### Provided information ###

//! What is kept of all nodes.

use mr_base::NodeSet;
use msg_flight::Flight;
use node_states::{NodeState, Stage};
use range_replicas::ReplicatedRange;
use request_routes::Hints;
use run_ledger::Ledger;

/// The nodes, those of them that run, the ranges made so far, each node's hints, the messages in flight, how many
/// attempts were begun and messages sent, and what was done, on this stage.
#[derive(Drop)]
pub struct State {
    pub stage: Stage,
    pub nodes: Vec<NodeState>,
    pub running: NodeSet,
    pub ranges: Vec<ReplicatedRange>,
    pub hints: Vec<Hints>,
    pub flight: Flight,
    pub attempts: u32,
    pub sent: u64,
    pub ledger: Ledger,
}
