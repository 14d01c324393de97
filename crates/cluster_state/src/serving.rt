//! A request is handled by the server of its range at a node.

ghost use Rattle.std.specs.Prelude.{◌≡◌, ◌≢◌, ◌≤◌, ◌-◌, ◌+◌, ◌∷◌, ◌++◌, [], Contains, IfOk, MatchOption, OnOk, OnErr, Some, length, take};
ghost use Rattle.journal.specs.declared.entries.JournalEntry.TheVariants as made;
ghost use Rattle.node_states.specs.Appends.{appends};
ghost use Rattle.range_replicas.specs.RangeValue.{replicas};
ghost use Rattle.range_replicas.specs.Sound.{IsSound};
ghost use Rattle.range_server.specs.Scene.{moment};
ghost use Rattle.run_ledger.specs.LedgerValue.{made_all};
ghost use Rattle.run_words.specs.History.{Made};
ghost use Rattle.cluster_state.specs.Answered.{IsAnswered};
ghost use Rattle.cluster_state.specs.Handled.{how_of, serve_of};

use journal::{How, JournalEntry};
use mr_base::{
    AttemptId, CloneIn, Known, ListOf, Memory, NodeId, NodeSet, RangeId, Reading, Reply, Request,
    Settings, Span, Ts,
};
use range_log::RangeLog;
use range_replicas::ReplicatedRange;
use range_server::{Handled, Right};
use std::alloc::Global;

/// The reply to a request, none to a resolve, and the entries that are recorded, oldest first.
#[derive(Drop)]
pub struct Answered {
    pub reply: Option<Reply>,
    pub entries: Vec<JournalEntry>,
}

/// The server of a range at a node handles a request.
pub fn answer_at(
    alloc: Global,
    range: &mut ReplicatedRange,
    node: NodeId,
    clock: Reading,
    settings: &Settings,
    running: NodeSet,
    q: &Request,
) -> Result<Answered, Memory>
    requires sound { IsSound range.old }
    requires replica { Contains (replicas range.old) node }
    ensures { IfOk result (λ answered. IsAnswered node (moment clock settings.now running) q.now range.old range.new
        answered) }
{
    let Some(place) = range.place_of(node) else {
        unreachable!();
    };
    let number = range.number();
    let before = range.log().len();
    let count = range.applied(place);
    let handled = range.handle(alloc, place, q, clock, settings, running)?;
    let appended = entries_past(alloc, number, range.log(), before)?;
    let served = served_entry(alloc, node, q, &handled, count)?;
    let entries = with_served(appended, served)?;
    Ok(Answered {
        reply: handled.reply,
        entries,
    })
}

/// Entries, and behind them the one of what was served, if anything was.
fn with_served(
    entries: Vec<JournalEntry>,
    served: Option<JournalEntry>,
) -> Result<Vec<JournalEntry>, Memory>
    ensures { IfOk result (λ all. MatchOption served (all.items ≡ entries.items)
        (λ e. all.items ≡ entries.items ++ e ∷ [])) }
{
    match served {
        None => Ok(entries),
        Some(served) => {
            let mut all = entries;
            all.push(served)?;
            Ok(all)
        }
    }
}

/// The entries of a log past so many, as the journal has them.
fn entries_past(
    alloc: Global,
    number: RangeId,
    log: &RangeLog,
    before: u64,
) -> Result<Vec<JournalEntry>, Memory>
    requires { before ≤ length log.now.entries }
    ensures { IfOk result (λ entries. made_all entries.items
        ≡ appends number before (take (length log.now.entries - before) log.now.entries)) }
{
    let mut entries = Vec::new(alloc);
    for index in before..log.len() {
        entries.push(JournalEntry::Append {
            range: number,
            index: index + 1,
            entry: log.entry(index + 1).clone_in(alloc)?,
        })?;
    }
    Ok(entries)
}

/// The entry of a read or refresh that was served.
fn served_entry(
    alloc: Global,
    node: NodeId,
    q: &Request,
    handled: &Handled,
    count: u64,
) -> Result<Option<JournalEntry>, Memory>
    ensures { IfOk result (λ served. MatchOption served (serve_of node count q.now handled.now.reply handled.now.by ≡ [])
        (λ e. serve_of node count q.now handled.now.reply handled.now.by ≡ Made e ∷ [])) }
{
    let Some(right) = handled.by else {
        return Ok(None);
    };
    match q {
        Request::Read {
            attempt,
            range,
            span,
            at,
            limit,
            fates,
        } => match &handled.reply {
            Some(Reply::Rows { .. }) => {
                let served = Served {
                    attempt: *attempt,
                    node,
                    range: *range,
                    at: *at,
                    limit: *limit,
                    log: count,
                    by: how_of(right),
                };
                Ok(Some(serve_entry(alloc, served, span, fates)?))
            }
            _ => Ok(None),
        },
        Request::Refresh {
            attempt,
            range,
            span,
            at,
            fates,
            ..
        } => match &handled.reply {
            Some(Reply::Refreshed) => {
                let served = Served {
                    attempt: *attempt,
                    node,
                    range: *range,
                    at: *at,
                    limit: None,
                    log: count,
                    by: how_of(right),
                };
                Ok(Some(serve_entry(alloc, served, span, fates)?))
            }
            _ => Ok(None),
        },
        _ => Ok(None),
    }
}

/// What was served, but for the span and the fates.
#[derive(Clone, Copy)]
struct Served {
    attempt: AttemptId,
    node: NodeId,
    range: RangeId,
    at: Ts,
    limit: Option<u64>,
    log: u64,
    by: How,
}

fn serve_entry(
    alloc: Global,
    s: Served,
    span: &Span,
    fates: &ListOf<Known>,
) -> Result<JournalEntry, Memory>
    ensures { IfOk result (λ e. e ≡ made.Serve s.attempt s.node s.range span.now s.at s.limit s.log s.by fates.now) }
{
    Ok(JournalEntry::Serve {
        attempt: s.attempt,
        node: s.node,
        range: s.range,
        span: span.clone_in(alloc)?,
        at: s.at,
        limit: s.limit,
        log: s.log,
        by: s.by,
        fates: fates.clone_in(alloc)?,
    })
}

fn how_of(right: Right) -> How
    ensures { result ≡ how_of right }
{
    match right {
        Right::Lease => How::Lease,
        Right::Closure => How::Closure,
    }
}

###

▸ Problem to solve:
A complete, exact transcription of the records is needed.

▸ Answer:
//! What is kept of all nodes.

use mr_base::NodeSet;
use msg_flight::Flight;
use node_states::{NodeState, Stage};
use range_replicas::ReplicatedRange;
use request_routes::Hints;
use run_ledger::Ledger;

/// The nodes, those of them that run, the ranges made so far, each node's hints, the messages in flight, how many
/// attempts were begun and messages sent, and what was done, on this stage.
#[derive(Drop)]
pub struct State {
    pub stage: Stage,
    pub nodes: Vec<NodeState>,
    pub running: NodeSet,
    pub ranges: Vec<ReplicatedRange>,
    pub hints: Vec<Hints>,
    pub flight: Flight,
    pub attempts: u32,
    pub sent: u64,
    pub ledger: Ledger,
}
repository 14d01c324393de97
filename crates/cluster_state/src/serving.rt
//! A request is handled by the server of its range at a node.

ghost use Rattle.std.specs.Prelude.{◌≡◌, ◌≢◌, ◌≤◌, ◌-◌, ◌+◌, ◌∷◌, ◌++◌, [], Contains, IfOk, MatchOption, OnOk, OnErr, Some, length, take};
ghost use Rattle.journal.specs.declared.entries.JournalEntry.TheVariants as made;
ghost use Rattle.node_states.specs.Appends.{appends};
ghost use Rattle.range_replicas.specs.RangeValue.{replicas};
ghost use Rattle.range_replicas.specs.Sound.{IsSound};
ghost use Rattle.range_server.specs.Scene.{moment};
ghost use Rattle.run_ledger.specs.LedgerValue.{made_all};
ghost use Rattle.run_words.specs.History.{Made};
ghost use Rattle.cluster_state.specs.Answered.{IsAnswered};
ghost use Rattle.cluster_state.specs.Handled.{how_of, serve_of};

use journal::{How, JournalEntry};
use mr_base::{
    AttemptId, CloneIn, Known, ListOf, Memory, NodeId, NodeSet, RangeId, Reading, Reply, Request,
    Settings, Span, Ts,
};
use range_log::RangeLog;
use range_replicas::ReplicatedRange;
use range_server::{Handled, Right};
use std::alloc::Global;

/// The reply to a request, none to a resolve, and the entries that are recorded, oldest first.
#[derive(Drop)]
pub struct Answered {
    pub reply: Option<Reply>,
    pub entries: Vec<JournalEntry>,
}

/// The server of a range at a node handles a request.
pub fn answer_at(
    alloc: Global,
    range: &mut ReplicatedRange,
    node: NodeId,
    clock: Reading,
    settings: &Settings,
    running: NodeSet,
    q: &Request,
) -> Result<Answered, Memory>
    requires sound { IsSound range.old }
    requires replica { Contains (replicas range.old) node }
    ensures { IfOk result (λ answered. IsAnswered node (moment clock settings.now running) q.now range.old range.new
        answered) }
{
    let Some(place) = range.place_of(node) else {
        unreachable!();
    };
    let number = range.number();
    let before = range.log().len();
    let count = range.applied(place);
    let handled = range.handle(alloc, place, q, clock, settings, running)?;
    let appended = entries_past(alloc, number, range.log(), before)?;
    let served = served_entry(alloc, node, q, &handled, count)?;
    let entries = with_served(appended, served)?;
    Ok(Answered {
        reply: handled.reply,
        entries,
    })
}

/// Entries, and behind them the one of what was served, if anything was.
fn with_served(
    entries: Vec<JournalEntry>,
    served: Option<JournalEntry>,
) -> Result<Vec<JournalEntry>, Memory>
    ensures { IfOk result (λ all. MatchOption served (all.items ≡ entries.items)
        (λ e. all.items ≡ entries.items ++ e ∷ [])) }
{
    match served {
        None => Ok(entries),
        Some(served) => {
            let mut all = entries;
            all.push(served)?;
            Ok(all)
        }
    }
}

/// The entries of a log past so many, as the journal has them.
fn entries_past(
    alloc: Global,
    number: RangeId,
    log: &RangeLog,
    before: u64,
) -> Result<Vec<JournalEntry>, Memory>
    requires { before ≤ length log.now.entries }
    ensures { IfOk result (λ entries. made_all entries.items
        ≡ appends number before (take (length log.now.entries - before) log.now.entries)) }
{
    let mut entries = Vec::new(alloc);
    for index in before..log.len() {
        entries.push(JournalEntry::Append {
            range: number,
            index: index + 1,
            entry: log.entry(index + 1).clone_in(alloc)?,
        })?;
    }
    Ok(entries)
}

/// The entry of a read or refresh that was served.
fn served_entry(
    alloc: Global,
    node: NodeId,
    q: &Request,
    handled: &Handled,
    count: u64,
) -> Result<Option<JournalEntry>, Memory>
    ensures { IfOk result (λ served. MatchOption served (serve_of node count q.now handled.now.reply handled.now.by ≡ [])
        (λ e. serve_of node count q.now handled.now.reply handled.now.by ≡ Made e ∷ [])) }
{
    let Some(right) = handled.by else {
        return Ok(None);
    };
    match q {
        Request::Read {
            attempt,
            range,
            span,
            at,
            limit,
            fates,
        } => match &handled.reply {
            Some(Reply::Rows { .. }) => {
                let served = Served {
                    attempt: *attempt,
                    node,
                    range: *range,
                    at: *at,
                    limit: *limit,
                    log: count,
                    by: how_of(right),
                };
                Ok(Some(serve_entry(alloc, served, span, fates)?))
            }
            _ => Ok(None),
        },
        Request::Refresh {
            attempt,
            range,
            span,
            at,
            fates,
            ..
        } => match &handled.reply {
            Some(Reply::Refreshed) => {
                let served = Served {
                    attempt: *attempt,
                    node,
                    range: *range,
                    at: *at,
                    limit: None,
                    log: count,
                    by: how_of(right),
                };
                Ok(Some(serve_entry(alloc, served, span, fates)?))
            }
            _ => Ok(None),
        },
        _ => Ok(None),
    }
}

/// What was served, but for the span and the fates.
#[derive(Clone, Copy)]
struct Served {
    attempt: AttemptId,
    node: NodeId,
    range: RangeId,
    at: Ts,
    limit: Option<u64>,
    log: u64,
    by: How,
}

fn serve_entry(
    alloc: Global,
    s: Served,
    span: &Span,
    fates: &ListOf<Known>,
) -> Result<JournalEntry, Memory>
    ensures { IfOk result (λ e. e ≡ made.Serve s.attempt s.node s.range span.now s.at s.limit s.log s.by fates.now) }
{
    Ok(JournalEntry::Serve {
        attempt: s.attempt,
        node: s.node,
        range: s.range,
        span: span.clone_in(alloc)?,
        at: s.at,
        limit: s.limit,
        log: s.log,
        by: s.by,
        fates: fates.clone_in(alloc)?,
    })
}

fn how_of(right: Right) -> How
    ensures { result ≡ how_of right }
{
    match right {
        Right::Lease => How::Lease,
        Right::Closure => How::Closure,
    }
}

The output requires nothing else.